芙蓉嘟嘟嘴,躺下,说了句:“原来姐夫姓冯。”
这是才反应过来?方晴噗嗤笑了出来。
“知道你得了好女婿,看把你乐的。”
“再不睡我明儿告诉妗子了。”
“我还是觉得郑先生比韩先生好看。姐,你说呢?”
方晴笑着拿被单子蒙上头,“魔怔了你,快睡吧”。
姐妹俩又叽咕几句,才算睡下。
第二日,虽是吴家苦留,方家四口还是走了。
第14章 曲折的成亲
方晴又回到她熟悉的生活轨道上来。
要说变化,也有,方守仁和方晴买了一堆的旧书,够方晴读些日子的。方晴还淘到一本讲西洋画的,方晴跟父亲学过一点西式画法,到底没系统看过这方面的书,这回可以仔细研究研究。
父亲去了趟京城,想是受震动颇深,回来就在县上订了两份报纸。只是这报纸送得不及时,日报变旬报,总是十天半月累积送来的,新闻都变成了旧闻,但方家父女依旧看得津津有味。

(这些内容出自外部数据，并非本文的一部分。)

//! How runs of scripts end.

use super::rows::wanted_by;
use super::stories::Story;
use fake_io::{Source, failing_at, page_with};
use net_script::{ScriptFault, run_script};
use std::alloc::{AllocError, AllocGlobal, Global};
use std::process::Abort;

/// A script as it is read: in steps, with reads that are interrupted first, or fail from this number on.
#[derive(Clone, Copy)]
pub struct Reading<'a> {
    pub text: &'a [u8],
    pub step: usize,
    pub interruptions: u32,
    pub failing_read: u32,
}

/// A script that is read at once.
pub fn whole(text: &[u8]) -> Reading<'_> {
    Reading {
        text,
        step: usize::MAX,
        interruptions: 0,
        failing_read: u32::MAX,
    }
}

fn source(reading: Reading<'_>) -> Source<'_> {
    Source {
        interruptions: reading.interruptions,
        ..failing_at(reading.text, reading.step, reading.failing_read)
    }
}

/// How a run of a script ends.
#[derive(Clone, Copy, Debug, PartialEq, Eq)]
pub enum End {
    /// As is wanted.
    Wanted,
    /// Memory ran out: it says so, behind the first of the lines that are wanted.
    Lacking,
    /// Otherwise.
    Other(Result<u8, ScriptFault>),
}

/// How a script ends that has to print these lines, with this outcome. Where memory runs out, it is run once
/// more.
fn end_of(
    alloc: Global,
    reading: Reading<'_>,
    lines: &[u8],
    wanted: Result<u8, ScriptFault>,
) -> End {
    match end_of_one(alloc, reading, lines, wanted) {
        End::Lacking => end_of_one(alloc, reading, lines, wanted),
        end => end,
    }
}

fn end_of_one(
    alloc: Global,
    reading: Reading<'_>,
    lines: &[u8],
    wanted: Result<u8, ScriptFault>,
) -> End {
    let mut page = page_with(alloc, usize::MAX);
    let ended = run_script(alloc, &mut source(reading), &mut page);
    let printed = page.text.as_slice();
    if ended == wanted && printed == lines {
        End::Wanted
    } else if lacks(ended, printed, lines) {
        End::Lacking
    } else {
        End::Other(ended)
    }
}

/// Whether a run has ended for want of memory: of the script, of the page, or of the world.
fn lacks(ended: Result<u8, ScriptFault>, printed: &[u8], lines: &[u8]) -> bool {
    match ended {
        Err(ScriptFault::NoMemory) => printed.is_empty(),
        Err(ScriptFault::WriteError) => lines.starts_with(printed),
        Err(ScriptFault::ReadError) => false,
        Ok(status) => status == 2 && is_front(printed, lines),
    }
}

/// Whether these are the first of the lines, and behind them a refusal for want of memory.
fn is_front(printed: &[u8], lines: &[u8]) -> bool {
    match printed.strip_suffix(b"refused 35 NoMemory\n") {
        Some(front) => lines.starts_with(front),
        None => false,
    }
}

/// How the script of a story ends.
pub fn end_of_story(alloc: Global, story: &Story) -> Result<End, AllocError> {
    let wanted = wanted_by(alloc, story)?;
    let script = whole(wanted.script.as_bytes());
    let lines = wanted.printed.as_bytes();
    Ok(end_of(alloc, script, lines, Ok(story.status)))
}

/// Checks what a script prints, and how it ends.
pub fn expect<R: Abort + AllocGlobal>(
    rt: &R,
    reading: Reading<'_>,
    lines: &[u8],
    wanted: Result<u8, ScriptFault>,
) {
    let end = end_of(rt.alloc(), reading, lines, wanted);
    assert!(rt; end == End::Wanted, "{end:?}, where {wanted:?} is wanted");
}
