//! What a world shows, and what rows say of it.

use super::frames::named;
use super::same::key;
use super::spelling::are_spelled;
use super::trouble::Trouble;
use fc_base::{Seq, ServerNo};
use net_world::World;
use server_core::{Stage, Status};
use std::str::SplitWhitespace;
use verify_state::VerifyState;

/// Whether the world shows what the words say.
pub fn shows(world: &World, look: &str, wanted: &str) -> Result<bool, Trouble> {
    let mut words = look.split_whitespace();
    match words.next() {
        Some("frame") => Ok(match frame_at(world, number(&mut words)?) {
            Some(bytes) => are_spelled(bytes, named(wanted).unwrap_or(wanted)),
            None => false,
        }),
        Some("frames") => Ok(wanted.parse::<usize>().ok() == Some(world.frames().len())),
        Some("status") => {
            let server = ServerNo(short_number(&mut words)?);
            Ok(is_status(world.status(server), wanted))
        }
        Some("saved") => {
            let run = number(&mut words)?;
            let server = short_number(&mut words)?;
            let job = short_number(&mut words)?;
            Ok(is_state(world.saved(key(run, server, job)), wanted))
        }
        _ => Err(Trouble::BadRow),
    }
}

/// The bytes of a frame.
fn frame_at(world: &World, index: u64) -> Option<&[u8]> {
    match usize::try_from(index) {
        Ok(index) => world.frames().get(index),
        Err(_) => None,
    }
}

/// The next word, as a number.
fn number(words: &mut SplitWhitespace) -> Result<u64, Trouble> {
    let word = words.next().ok_or(Trouble::BadRow)?;
    word.parse::<u64>().ok().ok_or(Trouble::BadRow)
}

/// The next word, as a smaller number.
fn short_number(words: &mut SplitWhitespace) -> Result<u32, Trouble> {
    let word = words.next().ok_or(Trouble::BadRow)?;
    word.parse::<u32>().ok().ok_or(Trouble::BadRow)
}

/// The words are `off`, or a name and its number for each that is looked at.
fn is_status(status: Option<Status>, wanted: &str) -> bool {
    let Some(status) = status else {
        return wanted == "off";
    };
    wanted.split_whitespace().all(|word| match word.split_once('=') {
        Some(("stage", name)) => name == stage_name(status.stage),
        Some((name, number)) => number.parse::<u64>().ok() == number_named(&status, name),
        None => false,
    })
}

/// The number of a status with this name. Where there is none, it is one that no row has.
fn number_named(status: &Status, name: &str) -> Option<u64> {
    match name {
        "boot" => Some(status.boot),
        "last_run" => Some(status.last_run.0),
        "staged" => Some(status.staged.0),
        "run" => Some(status.run.0),
        "attempt" => Some(status.attempt.0),
        _ => Some(u64::MAX),
    }
}

fn stage_name(stage: Stage) -> &'static str {
    match stage {
        Stage::Idle => "Idle",
        Stage::Writing => "Writing",
        Stage::Taken => "Taken",
        Stage::Stopped => "Stopped",
    }
}

/// The words are `none`, or `issued` and how many, `counted` and which of them, or `-`.
fn is_state(state: Option<&VerifyState>, wanted: &str) -> bool {
    let Some(state) = state else {
        return wanted == "none";
    };
    let Some((issued, counted)) = wanted.split_once(" counted ") else {
        return false;
    };
    let Some(issued) = issued.strip_prefix("issued ") else {
        return false;
    };
    issued.parse::<u64>().ok() == Some(state.issued())
        && (0..state.issued()).all(|seq| state.counts(Seq(seq)) == names(counted, seq))
}

/// Whether a list has this number.
fn names(list: &str, number: u64) -> bool {
    list.split_whitespace()
        .any(|word| word.parse::<u64>().ok() == Some(number))
}
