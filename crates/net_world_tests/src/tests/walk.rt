//! A world that is taken through a story, event by event: so it shows what no script prints, and a call that is
//! refused for want of memory is made again in the same world.

use super::looks::shows;
use super::rows::{Row, config_in, event_in, row_in};
use super::same::shown_by;
use super::trouble::Trouble;
use fc_base::Fault;
use net_world::{Config, World, WorldEvent};
use std::alloc::Global;

/// The world that the first row of a story asks for. Where memory runs out, it is made once more.
pub fn world_of(alloc: Global, rows: &str) -> Result<World, Trouble> {
    match config_in(rows) {
        Some(config) => new_world(alloc, config),
        None => Err(Trouble::BadRow),
    }
}

fn new_world(alloc: Global, config: Config) -> Result<World, Trouble> {
    if config.servers < 1 || config.servers > 8 {
        return Err(Trouble::BadRow);
    }
    match World::new(alloc, config) {
        Ok(world) => Ok(world),
        Err(_) => match World::new(alloc, config) {
            Ok(world) => Ok(world),
            Err(_) => Err(Trouble::NoMemory),
        },
    }
}

/// Goes through the rows of a story, up to the first that isn't answered so: which line that is, and what
/// trouble there was, if any.
pub fn first_unlike(
    alloc: Global,
    world: &mut World,
    rows: &str,
) -> Option<(usize, Option<Trouble>)> {
    for (line, row) in rows.lines().enumerate() {
        match holds(alloc, world, row) {
            Ok(true) => {}
            Ok(false) => return Some((line, None)),
            Err(trouble) => return Some((line, Some(trouble))),
        }
    }
    None
}

fn holds(alloc: Global, world: &mut World, row: &str) -> Result<bool, Trouble> {
    match row_in(row) {
        Row::Happens { command, answer } => comes_to(alloc, world, command, answer),
        Row::Shows { look, wanted } => shows(world, look, wanted),
        Row::Rests => Ok(true),
    }
}

/// Takes a command, and tells whether it is answered or refused so. Where memory runs out, it is taken once
/// more.
fn comes_to(
    alloc: Global,
    world: &mut World,
    command: &str,
    answer: &str,
) -> Result<bool, Trouble> {
    match take(alloc, world, command, answer) {
        Err(Trouble::NoMemory) => take(alloc, world, command, answer),
        outcome => outcome,
    }
}

fn take(alloc: Global, world: &mut World, command: &str, answer: &str) -> Result<bool, Trouble> {
    match event_in(alloc, command) {
        Ok(event) => apply(world, &event, answer),
        Err(trouble) => Err(trouble),
    }
}

/// The world has to show what it showed before, where it refuses.
fn apply(world: &mut World, event: &WorldEvent, answer: &str) -> Result<bool, Trouble> {
    let before = shown_by(world);
    match world.apply(event) {
        Ok(told) => Ok(answer.starts_with("ok") && told.sent == sent_by(answer)),
        Err(fault) => {
            if shown_by(world) != before {
                return Err(Trouble::Changed);
            }
            is_refused(fault, answer)
        }
    }
}

fn is_refused(fault: Fault, answer: &str) -> Result<bool, Trouble> {
    if fault == Fault::NoMemory {
        return Err(Trouble::NoMemory);
    }
    let mut words = answer.split_whitespace();
    let refused = words.next() == Some("refused");
    let number = words.next().unwrap_or("").parse::<u8>().ok();
    Ok(refused && number == Some(fault.number()))
}

/// How many frames an answer tells of.
fn sent_by(answer: &str) -> u64 {
    let mut sent = 0u64;
    for line in answer.split('+') {
        if line.trim().starts_with("sent ") {
            sent = sent.saturating_add(1);
        }
    }
    sent
}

方守仁看完报纸常常慨叹这是个荒唐悖乱的时代,方晴同意。
小小一张报纸就是这荒唐悖乱时代的缩影:头条新闻是某地又开战火,下面插的广告是歌舞厅开业;左边一版在说民生问题,配发画片上一个头插草标的孩子只换得二斤糙米;不经意发现右边就是某富商捧个戏子豪掷千金;社会新闻上还在说南方某地把失贞少女浸猪笼沉塘,娱乐版面上则有某千金穿衣着暴露的“泳装”的大幅照片……真是光怪陆离!
当然这也是个精彩的时代。
各种新事物、新思想层出不觉,又有好些看似面熟实则新鲜的词语,资本、权利、民主、义务……有些可在古书上觅得身影,意思上也有联系,却并不尽相同,方晴怀疑这些词是翻译词。
后来果然在一个学者专栏上看到,这些词竟然是从日本“进口”的——进口也是方晴新学呢。
日本人先接触西方,便用汉字翻译西方词语,后来这些词语又流入中国,一下子为中国人所接受。方晴感慨,若是不常读报纸,光这些词就让人如坠云雾。
方晴又爱看学者们针砭时弊的文章 实在精彩异常,言语又尖酸,思想又深刻,常常让方晴笑得流眼泪,深觉对胃口。特别是有一阵子两个学者对骂,虽不至于出口成脏,但也极尽尖酸刻薄,看得方晴大笑不止。
方晴也看那些消遣的内容,新出的戏剧啦、流行的风尚啦、某新贵新娶了房姨太太啦,方晴都读得津津有味,事实上方晴连报缝小广告都不放过。
报纸上的生活是荒唐悖乱而精彩的,方家小院的日子则是实在而平淡的。平淡好,平淡好,在这纷繁乱世能和家人过这平淡日子,每天有三餐饱饭,真是老天垂怜!
看军队打仗的新闻时,方晴偶尔也会想起冯璋。不知道冯家哥哥现在可好?自定亲以后,二人再没见过面。过年过节都是冯璋的兄弟冯琮来方家代哥哥送节礼。
冯璋初初也曾写两封信来,都是“恩师方(讳)守仁先生钧启”——此间习俗,不到正式成亲,就不算翁婿,不能称呼“岳父”的。
信上不过说些日常生活,于军事上并无只言片语,许是有纪律,不准说的。对方晴也只是“问晴妹妹好”一句,跟“问旭弟好”一起的。